TMS320F28377D: 16-bit differential analog input

Hi Maulik,

The two differential inputs should be complimentary about the common mode voltage. As you have highlighted in the table above, the common mode voltage should be close to (VREFHI - VREFLO) / 2.  For example then if VREFHI is 3.0V then the common mode voltage should be close to 1.5V.

If the common mode voltage is 1.5V and the ADC reference range is 0 to 3.0V then the maximum possible input is Vin+ = 3.0V and Vin- = 0V and the lowest possible input is Vin+ = 0V and Vin- = 3.0V.  The negative input must move to maintain a constant common mode voltage, so if Vin+ = 2.1V then Vin- should be 0.9V.  This is why you can't just tie the negative input to ground.  

The specification you have highlighted above specifies how far off the common mode voltage can be from ideal while allowing the ADC to still function.  If the signal is ideally Vin+ = 1.1V and Vin- = 1.9V, then the DC level of both inputs can drift up or down by up to 50mV.  +50mV would give Vin+ = 1.15V and Vin- = 1.95V and -50mV would give Vin+ = 1.05V and Vin- = 1.85V.  All 3 of these input voltage conditions should give the same ADC output code because the difference between the positive and negative inputs is the same. 

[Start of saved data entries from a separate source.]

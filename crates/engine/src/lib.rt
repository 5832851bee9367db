// The engine: firing, also at stated positions, and the derivation, on flat cells lent as slices.
// Each function equals the definition of `semantics` that its contract names, through the decodings of `tables` and of specs/.
#![tactic(auto)]

pub mod derivation;
pub mod entering;
pub mod firing;
pub mod solving;
pub mod stated;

To supply a differential voltage to the ADC, you can either sample a sensor that is already in a differential format, or you can convert a single-ended signal to differential by using either a fully-differential op-amp (e.g. THS4531) or you can use a pair of single-ended op-amps.  The precision amplifier e2e forum can help with designing appropriate signal conditioning circuitry if necessary.